### Brief
Look through the records and copy each line with the string "reader" in it.
Start of Extracted records
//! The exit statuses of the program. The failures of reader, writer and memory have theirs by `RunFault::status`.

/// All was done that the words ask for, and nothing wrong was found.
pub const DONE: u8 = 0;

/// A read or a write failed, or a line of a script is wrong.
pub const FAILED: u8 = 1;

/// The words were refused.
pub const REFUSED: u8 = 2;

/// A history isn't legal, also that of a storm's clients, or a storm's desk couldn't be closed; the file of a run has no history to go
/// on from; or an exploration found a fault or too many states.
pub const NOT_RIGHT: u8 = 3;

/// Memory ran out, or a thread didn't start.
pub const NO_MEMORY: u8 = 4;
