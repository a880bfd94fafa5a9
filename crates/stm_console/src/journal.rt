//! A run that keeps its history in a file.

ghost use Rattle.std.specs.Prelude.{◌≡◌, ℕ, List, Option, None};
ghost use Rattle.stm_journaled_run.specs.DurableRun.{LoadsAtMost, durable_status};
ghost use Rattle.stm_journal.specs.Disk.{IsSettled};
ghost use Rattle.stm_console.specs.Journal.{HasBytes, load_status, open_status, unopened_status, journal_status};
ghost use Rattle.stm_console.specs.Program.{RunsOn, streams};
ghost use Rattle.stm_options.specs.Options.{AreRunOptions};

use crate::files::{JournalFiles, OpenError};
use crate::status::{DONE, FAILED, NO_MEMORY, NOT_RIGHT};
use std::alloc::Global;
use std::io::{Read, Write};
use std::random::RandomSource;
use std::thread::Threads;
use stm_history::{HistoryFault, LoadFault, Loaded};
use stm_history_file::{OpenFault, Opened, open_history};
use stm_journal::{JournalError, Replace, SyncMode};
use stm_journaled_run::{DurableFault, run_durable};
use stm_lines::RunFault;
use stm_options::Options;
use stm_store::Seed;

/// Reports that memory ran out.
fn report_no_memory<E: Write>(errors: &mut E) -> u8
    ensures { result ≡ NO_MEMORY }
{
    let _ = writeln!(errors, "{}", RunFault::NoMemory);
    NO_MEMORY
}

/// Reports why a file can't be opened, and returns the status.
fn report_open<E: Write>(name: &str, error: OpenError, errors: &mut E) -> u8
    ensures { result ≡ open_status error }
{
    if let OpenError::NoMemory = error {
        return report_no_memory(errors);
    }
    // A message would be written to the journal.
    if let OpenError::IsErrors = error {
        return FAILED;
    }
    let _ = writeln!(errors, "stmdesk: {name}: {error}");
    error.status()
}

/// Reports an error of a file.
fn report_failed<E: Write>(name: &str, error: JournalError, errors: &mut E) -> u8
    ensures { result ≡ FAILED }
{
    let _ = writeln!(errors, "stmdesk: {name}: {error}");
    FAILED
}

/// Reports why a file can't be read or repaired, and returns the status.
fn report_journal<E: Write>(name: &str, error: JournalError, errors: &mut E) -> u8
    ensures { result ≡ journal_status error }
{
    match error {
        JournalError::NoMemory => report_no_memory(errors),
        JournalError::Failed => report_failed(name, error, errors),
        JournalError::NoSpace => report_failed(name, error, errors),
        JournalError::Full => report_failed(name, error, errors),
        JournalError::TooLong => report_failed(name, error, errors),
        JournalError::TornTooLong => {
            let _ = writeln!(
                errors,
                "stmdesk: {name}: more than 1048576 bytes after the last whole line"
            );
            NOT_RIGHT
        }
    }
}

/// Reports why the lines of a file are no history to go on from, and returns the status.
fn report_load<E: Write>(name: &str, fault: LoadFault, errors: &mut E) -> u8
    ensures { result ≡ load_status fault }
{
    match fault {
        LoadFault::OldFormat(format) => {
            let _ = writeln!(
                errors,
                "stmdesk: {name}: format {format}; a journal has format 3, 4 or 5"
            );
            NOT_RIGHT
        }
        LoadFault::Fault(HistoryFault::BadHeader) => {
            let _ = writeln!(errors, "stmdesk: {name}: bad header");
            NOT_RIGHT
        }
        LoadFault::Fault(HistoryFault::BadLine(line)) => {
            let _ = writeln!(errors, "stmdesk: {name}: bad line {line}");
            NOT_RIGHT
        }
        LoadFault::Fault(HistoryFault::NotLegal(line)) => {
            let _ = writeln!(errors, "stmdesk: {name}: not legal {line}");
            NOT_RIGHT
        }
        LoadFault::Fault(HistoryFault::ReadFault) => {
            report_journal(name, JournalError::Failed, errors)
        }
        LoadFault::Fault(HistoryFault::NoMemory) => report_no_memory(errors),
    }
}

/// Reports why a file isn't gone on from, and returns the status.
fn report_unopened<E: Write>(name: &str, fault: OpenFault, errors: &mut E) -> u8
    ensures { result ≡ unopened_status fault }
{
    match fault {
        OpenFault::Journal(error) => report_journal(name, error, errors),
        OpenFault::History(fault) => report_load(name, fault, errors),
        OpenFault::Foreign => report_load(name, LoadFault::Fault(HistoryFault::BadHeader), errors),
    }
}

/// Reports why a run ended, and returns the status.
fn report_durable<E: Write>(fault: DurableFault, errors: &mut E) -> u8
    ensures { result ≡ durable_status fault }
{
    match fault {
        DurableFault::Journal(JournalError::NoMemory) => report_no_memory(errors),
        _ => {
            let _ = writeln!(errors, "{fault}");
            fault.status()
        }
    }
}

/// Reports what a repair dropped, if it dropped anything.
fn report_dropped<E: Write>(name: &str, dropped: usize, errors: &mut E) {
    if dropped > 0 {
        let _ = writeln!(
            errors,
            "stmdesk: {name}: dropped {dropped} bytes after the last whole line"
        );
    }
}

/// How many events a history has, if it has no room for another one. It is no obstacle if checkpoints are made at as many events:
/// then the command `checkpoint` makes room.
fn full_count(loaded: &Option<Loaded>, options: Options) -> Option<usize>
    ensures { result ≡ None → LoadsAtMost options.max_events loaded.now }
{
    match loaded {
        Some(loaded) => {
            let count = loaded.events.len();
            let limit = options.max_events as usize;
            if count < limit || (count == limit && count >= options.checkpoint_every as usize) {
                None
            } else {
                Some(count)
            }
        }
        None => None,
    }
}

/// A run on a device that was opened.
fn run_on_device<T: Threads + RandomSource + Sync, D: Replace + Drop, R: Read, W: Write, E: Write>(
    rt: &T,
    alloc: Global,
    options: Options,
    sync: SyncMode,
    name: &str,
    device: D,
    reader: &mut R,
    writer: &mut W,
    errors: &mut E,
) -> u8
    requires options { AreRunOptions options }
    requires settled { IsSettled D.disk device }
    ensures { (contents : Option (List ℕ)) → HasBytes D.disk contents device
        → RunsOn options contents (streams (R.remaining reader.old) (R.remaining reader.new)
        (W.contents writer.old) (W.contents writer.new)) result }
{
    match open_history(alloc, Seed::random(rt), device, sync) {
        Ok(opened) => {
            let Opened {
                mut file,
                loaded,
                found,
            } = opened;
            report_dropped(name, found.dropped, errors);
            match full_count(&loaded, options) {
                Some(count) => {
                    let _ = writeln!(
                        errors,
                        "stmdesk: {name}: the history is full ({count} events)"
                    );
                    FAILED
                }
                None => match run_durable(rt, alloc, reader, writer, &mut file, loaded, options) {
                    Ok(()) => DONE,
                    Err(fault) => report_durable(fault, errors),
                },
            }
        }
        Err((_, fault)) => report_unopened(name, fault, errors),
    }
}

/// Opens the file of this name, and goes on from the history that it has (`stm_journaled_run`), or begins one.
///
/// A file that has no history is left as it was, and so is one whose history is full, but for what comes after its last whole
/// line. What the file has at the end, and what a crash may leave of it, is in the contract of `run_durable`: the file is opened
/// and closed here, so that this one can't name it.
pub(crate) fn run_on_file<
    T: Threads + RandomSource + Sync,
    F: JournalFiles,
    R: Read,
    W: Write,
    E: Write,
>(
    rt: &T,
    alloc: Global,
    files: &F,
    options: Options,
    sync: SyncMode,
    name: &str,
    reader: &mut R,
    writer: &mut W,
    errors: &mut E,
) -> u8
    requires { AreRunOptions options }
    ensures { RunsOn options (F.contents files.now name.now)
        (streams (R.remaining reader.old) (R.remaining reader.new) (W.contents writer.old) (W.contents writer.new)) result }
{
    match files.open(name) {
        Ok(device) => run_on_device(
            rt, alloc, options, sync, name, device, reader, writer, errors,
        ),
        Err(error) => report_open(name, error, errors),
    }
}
End of Extracted records
### Your response
//! The exit statuses of the program. The failures of reader, writer and memory have theirs by `RunFault::status`.
    reader: &mut R,
        → RunsOn options contents (streams (R.remaining reader.old) (R.remaining reader.new)
                None => match run_durable(rt, alloc, reader, writer, &mut file, loaded, options) {
    reader: &mut R,
        (streams (R.remaining reader.old) (R.remaining reader.new) (W.contents writer.old) (W.contents writer.new)) result }
            rt, alloc, options, sync, name, device, reader, writer, errors,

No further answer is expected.